In today’s commercial world, it’s important to know how to save and invest your money and ensure you’re financially free. The process of saving this money is known as accumulation and it requires one to be smart about how they invest.
The process of accumulation and distribution is one that takes a few years to master, but once you do, you’ll be able to know exactly how to use your money.
What is accumulation and distribution?
Accumulation is the process of building up your wealth so that it can serve you well when you need. It also means investing in a smart way. We work tirelessly, so why allow our money to lie lazily in a savings account? Every drop counts and drop by drop an ocean can be filled. It requires you to make smart analytical moves and identify the exact goals you want to accomplish in your life.
Distribution, on the other hand, is to spend the money you’ve accumulated to fulfil the goals and live a happy and satisfied life. This satisfaction leads to higher productivity in our life and enhances our earning potential to achieve bigger goals. Thus, the cycle of accumulation and distribution moves on.
Why is it important to save up for accumulation?
The more you’re able to save and invest money, the faster this money will grow. This is the result of compound interest. Compound interest is also known as the eighth wonder of the world.
Proper compounding allows you to accumulate interest directly on the original investment, along with interest on the interest itself. So, the accumulated amount is way above the original amount.
What’s the best age to start accumulating?
There’s no real “best age”. The moment you start earning your own money, you should begin accumulating.

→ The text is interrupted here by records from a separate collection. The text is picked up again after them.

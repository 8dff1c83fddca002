// Clients, the cores of their files with what stands beside them, and writers, which step in turn.
ghost use Rattle.std.specs.Prelude.{◌≡◌, ◌<◌, ◌≤◌, ◌+◌, ℕ, List, [], replicate, length, slice_index_or, IfSome, IfNone, OnOk, IfOk, IsTrue, true, false, ◌==◌, map, Option, None};
ghost use Rattle.pfc_base.specs.Cinfo.{IsBlockSize};
ghost use Rattle.pfc_core.specs.View.{CoreView};
ghost use Rattle.pfc_writer.specs.Writer.{Task};
ghost use Rattle.pfc_actor.specs.Clients.{ClientView, IsFresh};
ghost use Rattle.pfc_actor.specs.Stages.{Here};
ghost use Rattle.pfc_scene.specs.Scenes.{SceneView, IsScene, AreUnique, Moves, who, number_of, asked_more};

use pfc_actor::{Backing, Client};
use pfc_base::Memory;
use pfc_core::FileCore;
use pfc_sync::SyncWork;
use pfc_world::{Clock, Depot, Origin, World};
use pfc_writer::{WriteQueue, Writer};
use std::alloc::Global;
use std::marker::Model;

/// Clients, and a core for each path that any of them opened, or for each open of a file that isn't cached, each with its volume
/// beside it; the writers and their queue, and the sync.
pub struct Scene<W: World, O: Origin<W>, P: Depot<W>> {
    pub(crate) clients: Vec<Client<W, O>>,
    pub(crate) cores: Vec<FileCore<W>>,
    pub(crate) backings: Vec<Backing<W, P>>,
    pub(crate) writers: Vec<Writer<W>>,
    pub(crate) queue: WriteQueue<W>,
    /// What the sync is at; none at rest.
    pub(crate) sync: Option<SyncWork>,
    pub(crate) block_size: u64,
}

impl<W: World, O: Origin<W>, P: Depot<W>> Model for Scene<W, O, P> {
    ghost use Rattle.pfc_scene.specs.Scenes.{SceneView, IsScene};

    ghost Value = { SceneView };

    ghost view = { λ s. record { clients = s.clients.items; cores = s.cores.items; backings = s.backings.items; writers = s.writers.items; jobs = s.queue.jobs; capacity = s.queue.capacity; block_size = s.block_size } };

    ghost invariant = { λ s. IsScene (record { clients = s.clients.items; cores = s.cores.items; backings = s.backings.items; writers = s.writers.items; jobs = s.queue.jobs; capacity = s.queue.capacity; block_size = s.block_size }) };
}

/// The client of a number.
pub(crate) fn find_client<W: World, O: Origin<W>>(
    clients: &[Client<W, O>],
    number: u32,
) -> Option<usize>
    ensures some { IfSome result (λ j. (j < length clients.now) × ((d : ClientView) → (slice_index_or clients.now j d).book.number ≡ number)) }
    ensures none { IfNone result ((j : ℕ) (d : ClientView) → j < length clients.now → ((slice_index_or clients.now j d).book.number == number) ≡ false) }
{
    for j in 0..clients.len() {
        if clients[j].number() == number {
            return Some(j);
        }
    }
    None
}

impl<W: World, O: Origin<W>, P: Depot<W>> Scene<W, O, P> {
    /// Clients that were asked nothing yet, writers at rest with an empty queue, and no core. Files have blocks of so many bytes.
    pub fn new(
        alloc: Global,
        clients: Vec<Client<W, O>>,
        writers: Vec<Writer<W>>,
        queue: WriteQueue<W>,
        block_size: u64,
    ) -> Scene<W, O, P>
        requires fresh { (j : ℕ) (d : ClientView) → j < length clients.items → (n : ℕ) × IsFresh n (slice_index_or clients.items j d) }
        requires unique { AreUnique clients.items }
        requires resting { (w : ℕ) (d : Option Task) → w < length writers.items → slice_index_or writers.items w d ≡ None }
        requires empty { queue.jobs ≡ [] }
        requires block_size { IsBlockSize block_size }
        ensures { result ≡ record { clients = clients.items; cores = []; backings = []; writers = writers.items; jobs = []; capacity = queue.capacity; block_size = block_size } }
    {
        Scene {
            clients,
            cores: Vec::new(alloc),
            backings: Vec::new(alloc),
            writers,
            queue,
            sync: None,
            block_size,
        }
    }

    /// A client is asked one more line. Nothing comes of it where there is no such client.
    pub fn ask(&mut self, alloc: Global, number: u32, line: &[u8]) -> Result<(), Memory>
        ensures asked { OnOk result (map who self.new.clients ≡ map (asked_more number line.now) (map who self.old.clients)) }
        ensures numbers { map number_of self.new.clients ≡ map number_of self.old.clients }
        ensures rest { self.new ≡ record self.old { clients = self.new.clients } }
        ensures length { length self.new.clients ≡ length self.old.clients }
    {
        let Some(j) = find_client(&self.clients, number) else {
            return Ok(());
        };
        self.clients[j].ask(alloc, line)?;
        Ok(())
    }

    /// The client at this place steps on the core at that.
    pub(crate) fn step_at<K: Clock>(&mut self, alloc: Global, clock: &mut K, j: usize, i: usize)
        requires j { j < length self.old.clients }
        requires i { i < length self.old.cores }
        requires here { (d : ClientView) (e : CoreView) → Here (slice_index_or self.old.clients j d).book (slice_index_or self.old.clients j d).stage (slice_index_or self.old.cores i e) }
        ensures { Moves self.old self.new }
    {
        self.clients[j].step_at(alloc, clock, &mut self.cores[i]);
        self.cores[i].own();
    }

    /// The client at this place steps on no core.
    pub(crate) fn step_alone(&mut self, alloc: Global, j: usize)
        requires { j < length self.old.clients }
        ensures { Moves self.old self.new }
    {
        self.clients[j].step_alone(alloc);
    }

    /// The client at this place finds no memory for a core of the file that it wants.
    pub(crate) fn give_up(&mut self, j: usize)
        requires { j < length self.old.clients }
        ensures { Moves self.old self.new }
    {
        self.clients[j].give_up();
    }

    /// The client at this place puts its landed block to the queue, or finds no room there.
    pub(crate) fn put(&mut self, j: usize)
        requires { j < length self.old.clients }
        ensures { Moves self.old self.new }
    {
        self.clients[j].put(&mut self.queue);
    }

    /// The client at this place closes its lowest open descriptor, if its file is of the core at that.
    pub(crate) fn shut_at<K: Clock>(&mut self, alloc: Global, clock: &mut K, j: usize, i: usize)
        requires j { j < length self.old.clients }
        requires i { i < length self.old.cores }
        ensures { Moves self.old self.new }
    {
        self.clients[j].shut_at(alloc, clock, &mut self.cores[i]);
        self.cores[i].own();
    }

    /// Takes the scene apart.
    pub(crate) fn parts(self) -> (Vec<Client<W, O>>, Vec<FileCore<W>>, Vec<Backing<W, P>>)
        ensures clients { result.0.items ≡ self.clients }
        ensures cores { result.1.items ≡ self.cores }
        ensures backings { result.2.items ≡ self.backings }
        ensures scene { IsScene self }
    {
        let Scene {
            clients,
            cores,
            backings,
            writers: _,
            queue: _,
            sync: _,
            block_size: _,
        } = self;
        (clients, cores, backings)
    }
}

The normal equation is Income – Expenses = Savings
We need to modify this to : Income – Savings = Expenses
This means you need to control your expenses and can put away a fixed amount of money earned (say 30%) so that you can begin the process. You could also increase or decrease the amount based on your comfort at that time.
How to accumulate?
The best way to begin accumulating is to save the moment you get your income or salary. A lot of people make the mistake of saving their money right after they reach the end of their expenditure cycle. This is not a good practice because the more money you have in hand, the harder it is to resist spending it.
The moment you receive your salary, put away some percentage of it as investments into equity mutual funds and bonds which compound over time. After that, you can use the rest of the money for your expenditure. By doing so, you also understand how to manage your finances better, allowing you to make smart investments.
What’s a good benchmark to accumulate to?
Rather than setting a benchmark on the amount you can accumulate, it’s more important that you set the right goals. Your goals can vary depending on what you want from life. This can be anything from saving for your childrens’ futures, a new car, vacation time, retirement money and so on.
These are the goals that give you an understanding of how much you need to save rather than just one lump sum. By budgeting your savings, you will soon be able to smartly invest in the things you want to achieve, at the right time in life.
It’s important that you learn how to distribute your money as well because that’s what gives you a sense of accomplishment.
How do you distribute?
By distributing from the pool of money you’ve accumulated, it becomes easier for you to allocate the right amount to your goals. Once you reach a particular accumulation target, distribution can either be as a single withdrawal or at regular intervals. In both scenarios, you need to plan for it in a systematic manner.
This is important because markets continue to fluctuate on a daily basis and just like one uses monthly investments to average out entry levels, one needs to plan for averaging out at the time of exit. In case of a single withdrawal, this can be over 3 – 4 months. On the other hand, for withdrawal at regular intervals, the planning needs to be more detailed based on time horizon and requirement.
The ultimate goal is to have enough investments which last till you until you survive. You will have enough money in your bank so you don’t have to depend on anyone during your retirement years.